PostgreSQL Error - Correlated Subquery?
I have a request like this:
SELECT t1.id,
(SELECT COUNT(t2.id)
FROM t2
WHERE t2.id = t1.id
) as num_things
FROM t1
WHERE num_things = 5;
The goal is to get the ID of all items that appear 5 times in another table. However, I am getting this error:
ERROR: column "num_things" does not exist
SQL state: 42703
I am probably doing something silly here as I am somewhat new to databases. Is there a way to fix this request so that I can access it num_things
? Or, if not, is there any other way to achieve this result?
source to share
Several important questions about using SQL:
- You cannot use column aliases in the WHERE clause, but you can in the HAVING clause. This is the reason for the error you received.
- You can make your score better using JOIN and GROUP BY than using correlated subqueries. It will be much faster.
- Use the HAVING clause to filter groups.

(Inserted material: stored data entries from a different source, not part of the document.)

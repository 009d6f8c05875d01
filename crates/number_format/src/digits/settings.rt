//! The numbers of digits as ECMA-402 reads them.
ghost use Rattle.std.specs.Prelude.{◌≡◌, true, false, not, ◌||◌, ◌&&◌, Some, None, IfOk, MatchResult};
ghost use Rattle.number_format.specs.{DefaultDigits.no_settings, Resolved.{counts, needs_significant, needs_fraction, significant_of, fraction_of, are_within, are_fraction, IsNamed, IsResolved, first_error, increment_tests, resolve_error}, ShownDigits.increment_of};

use crate::digits::error::DigitOptionsError;
use crate::digits::options::{DigitOptions, TrailingZeros};
use crate::digits::precision::{BothDigits, Minimum, Precision};
use crate::digits::ranges::{
    FractionDigits, FractionMultiples, Increment, IntegerDigits, SignificantDigits,
};
use fixed_decimal::{SignedRoundingMode, UnsignedRoundingMode};

/// Which of two roundings is chosen; ECMA-402's `roundingPriority`.
#[derive(Clone, Copy, Debug, Default)]
pub enum RoundingPriority {
    /// That to significant digits if a number of significant digits is given.
    #[default]
    Auto,
    /// The one that keeps a lower digit.
    MorePrecision,
    /// The other one.
    LessPrecision,
}

/// The numbers of digits that are given, by their names in ECMA-402.
#[derive(Clone, Copy, Debug)]
pub struct DigitSettings {
    /// `minimumIntegerDigits`, 1 by default.
    pub minimum_integer_digits: Option<u16>,
    /// `minimumFractionDigits`.
    pub minimum_fraction_digits: Option<u16>,
    /// `maximumFractionDigits`.
    pub maximum_fraction_digits: Option<u16>,
    /// `minimumSignificantDigits`.
    pub minimum_significant_digits: Option<u16>,
    /// `maximumSignificantDigits`.
    pub maximum_significant_digits: Option<u16>,
    /// `roundingIncrement`.
    pub rounding_increment: u16,
    /// `roundingMode`.
    pub rounding_mode: SignedRoundingMode,
    /// `roundingPriority`.
    pub rounding_priority: RoundingPriority,
    /// `trailingZeroDisplay`.
    pub trailing_zeros: TrailingZeros,
}

/// What applies where no number of fraction digits is given.
#[derive(Clone, Copy, Debug)]
pub struct DigitDefaults {
    /// The numbers of fraction digits: 0 and 3 of a decimal, 0 and 0 of a percentage, those of a currency.
    pub fraction: FractionDigits,
    /// Whether the notation is compact.
    pub is_compact: bool,
}

impl Default for DigitSettings {
    ghost is_default = { λ s. s ≡ no_settings 1 };

    /// Returns the settings of ECMA-402 where none is given: no numbers of digits, and the increment 1.
    fn default() -> DigitSettings {
        DigitSettings {
            minimum_integer_digits: None,
            minimum_fraction_digits: None,
            maximum_fraction_digits: None,
            minimum_significant_digits: None,
            maximum_significant_digits: None,
            rounding_increment: 1,
            rounding_mode: SignedRoundingMode::Unsigned(UnsignedRoundingMode::HalfExpand),
            rounding_priority: RoundingPriority::Auto,
            trailing_zeros: TrailingZeros::Auto,
        }
    }
}

impl DigitSettings {
    fn needs_significant(&self) -> bool
        ensures { result ≡ needs_significant self.now }
    {
        !matches!(self.rounding_priority, RoundingPriority::Auto)
            || self.minimum_significant_digits.is_some()
            || self.maximum_significant_digits.is_some()
    }

    fn needs_fraction(&self, defaults: &DigitDefaults) -> bool
        ensures { result ≡ needs_fraction self.now defaults.now }
    {
        let has_fraction = self.minimum_fraction_digits.is_some()
            || self.maximum_fraction_digits.is_some();
        !matches!(self.rounding_priority, RoundingPriority::Auto)
            || !(self.needs_significant() || (defaults.is_compact && !has_fraction))
    }

    fn significant(&self) -> Result<SignificantDigits, DigitOptionsError>
        ensures { MatchResult result
            (λ x. (are_within 1 21 (significant_of self.now) ≡ true) × (counts x.min x.max ≡ significant_of self.now))
            (λ e. (are_within 1 21 (significant_of self.now) ≡ false) × (e ≡ DigitOptionsError.SignificantDigits)) }
    {
        if !self.needs_significant() {
            return Ok(SignificantDigits { min: 1, max: 2 });
        }
        let min = self.minimum_significant_digits.unwrap_or(1) as u32;
        let max = self.maximum_significant_digits.unwrap_or(21) as u32;
        if min == 0 || min > max || max > 21 {
            return Err(DigitOptionsError::SignificantDigits);
        }
        Ok(SignificantDigits { min, max })
    }

    fn fraction(&self, defaults: &DigitDefaults) -> Result<FractionDigits, DigitOptionsError>
        ensures { MatchResult result
            (λ x. (are_fraction self.now defaults.now ≡ true)
            × (counts x.min x.max ≡ fraction_of self.now defaults.now))
            (λ e. (are_fraction self.now defaults.now ≡ false) × (e ≡ DigitOptionsError.FractionDigits)) }
    {
        if !self.needs_fraction(defaults) {
            return Ok(FractionDigits { min: 0, max: 0 });
        }
        let (given_min, given_max) = (self.minimum_fraction_digits, self.maximum_fraction_digits);
        if given_min.unwrap_or(0) > 100 || given_max.unwrap_or(0) > 100 {
            return Err(DigitOptionsError::FractionDigits);
        }
        let least = defaults.fraction.min;
        let most = match self.rounding_increment {
            1 => defaults.fraction.max,
            _ => least,
        };
        let min = given_min.unwrap_or(least.min(given_max.unwrap_or(least)));
        let max = given_max.unwrap_or(most.max(min));
        FractionDigits::new(min, max)
    }

    fn precision(
        &self,
        defaults: &DigitDefaults,
        both: BothDigits,
        increment: Increment,
    ) -> Result<Precision, DigitOptionsError>
        requires fraction { counts both.fraction.min both.fraction.max ≡ fraction_of self.now defaults.now }
        requires significant { counts both.significant.min both.significant.max ≡ significant_of self.now }
        requires minimum { both.minimum ≡ Minimum.Chosen }
        requires increment { increment_of increment ≡ self.now.rounding_increment }
        ensures { MatchResult result
            (λ p. (first_error (increment_tests self.now defaults.now) ≡ None)
            × IsNamed (fraction_of self.now defaults.now) (significant_of self.now) self.now.rounding_increment
            self.now.rounding_priority (needs_significant self.now) (needs_fraction self.now defaults.now) p)
            (λ e. first_error (increment_tests self.now defaults.now) ≡ Some e) }
    {
        let digits = both.fraction;
        if self.rounding_increment != 1 {
            if self.needs_significant() || !self.needs_fraction(defaults) {
                return Err(DigitOptionsError::IncrementPrecision);
            }
            if digits.min != digits.max {
                return Err(DigitOptionsError::IncrementDigits);
            }
            return Ok(Precision::Multiples(FractionMultiples {
                digits: digits.max,
                increment,
            }));
        }
        Ok(match self.rounding_priority {
            RoundingPriority::MorePrecision => Precision::MorePrecision(both),
            RoundingPriority::LessPrecision => Precision::LessPrecision(both),
            RoundingPriority::Auto if self.needs_significant() => Precision::Significant(
                both.significant,
            ),
            RoundingPriority::Auto if self.needs_fraction(defaults) => Precision::Fraction(digits),
            RoundingPriority::Auto => Precision::MorePrecision(both),
        })
    }

    /// Returns the options that the numbers name: `SetNumberFormatDigitOptions` of ECMA-402.
    ///
    /// # Errors
    ///
    /// The first that applies:
    ///
    /// - `IntegerDigits`: the number of integer digits is not from 1 to 21.
    /// - `Increment`: the increment is none of the fifteen.
    /// - `SignificantDigits`: significant digits apply, and are out of 1 to 21, or the least is above the greatest.
    /// - `FractionDigits`: fraction digits apply, and are above 100, or the least is above the greatest.
    /// - `IncrementPrecision`: with an increment not only fraction digits apply.
    /// - `IncrementDigits`: with an increment the two numbers of fraction digits differ.
    pub fn resolve(&self, defaults: &DigitDefaults) -> Result<DigitOptions, DigitOptionsError>
        ensures ok { IfOk result (λ o. IsResolved self.now defaults.now o) }
        ensures error { MatchResult result (λ o. resolve_error self.now defaults.now ≡ None)
            (λ e. resolve_error self.now defaults.now ≡ Some e) }
    {
        let min = self.minimum_integer_digits.unwrap_or(1);
        if min == 0 || min > 21 {
            return Err(DigitOptionsError::IntegerDigits);
        }
        let increment = Increment::new(self.rounding_increment)?;
        let significant = self.significant()?;
        let fraction = self.fraction(defaults)?;
        let both = BothDigits {
            fraction,
            significant,
            minimum: Minimum::Chosen,
        };
        Ok(DigitOptions {
            integer: IntegerDigits { min, max: 32768 },
            precision: self.precision(defaults, both, increment)?,
            mode: self.rounding_mode,
            trailing_zeros: self.trailing_zeros,
        })
    }
}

This is how I will write this query:
SELECT t1.id, COUNT(t2.id) AS num_things
FROM t1 JOIN t2 USING (id)
GROUP BY t1.id
HAVING num_things = 5;
I understand that this request may be missing JOIN
from t1 as in Charles Bretana's solution. But I am assuming that you want the query to include some other columns from t1.
Re: question in comment:
The difference is that the proposal WHERE
is evaluated row by row, before it GROUP BY
reduces the groups to one row per group. The proposal HAVING
is evaluated after the formation of groups. Thus, you cannot, for example, change COUNT()
groups using HAVING
; you can only exclude a group.
SELECT t1.id, COUNT(t2.id) as num
FROM t1 JOIN t2 USING (id)
WHERE t2.attribute = <value>
GROUP BY t1.id
HAVING num > 5;
In the above query, WHERE
filters are for rows that match a condition and filters are HAVING
for groups that have at least five counters.
What causes most people's confusion lies in the fact that they do not offer GROUP BY
, so it seems that HAVING
and WHERE
are used interchangeably.
WHERE
evaluated before expressions in the picklist. It might not be obvious because the SQL syntax puts the select list first. Thus, you can save a lot of expensive computation by using WHERE
string constraints.
SELECT <expensive expressions>
FROM t1
HAVING primaryKey = 1234;
If you use a query like this, the expressions in the select list are evaluated for each row, only to discard most of the results due to the condition HAVING
. However, the query below evaluates the expression for only one row that matches the condition WHERE
.
SELECT <expensive expressions>
FROM t1
WHERE primaryKey = 1234;
So, to recap, queries are triggered by the database engine following a series of steps:
- Generate a rowset from the table (s), including any rows created
JOIN
. - Evaluate
WHERE
conditions against a set of rows, filtering out rows that do not match. - Evaluate the expressions in the picklist for each of the rowset.
- Apply column aliases (note that this is a separate step, which means you cannot use aliases in expressions in the select list).
- Condensed groups in one line per group as per proposal
GROUP BY
. - Calculate conditions
HAVING
for groups, filtering out groups that do not match. - Sorting the result according to
ORDER BY
.
source to share
I would like to mention that there is no way in PostgreSQL to use aliased columns in a sentence.
i.e.
SELECT usr_id AS my_id FROM user HAVING my_id = 1
Does not work.
Another example that won't work:
SELECT su.usr_id AS my_id, COUNT (*) AS val FROM sys_user AS su GROUP BY su.usr_id HAVING val> = 1
There will be the same error: the val column is unknown.
I elevated this because Bill Carwin wrote something really wrong for Postgres:
"You cannot use column aliases in the WHERE clause, but you can in the HAVING clause. This is the reason for the error you received.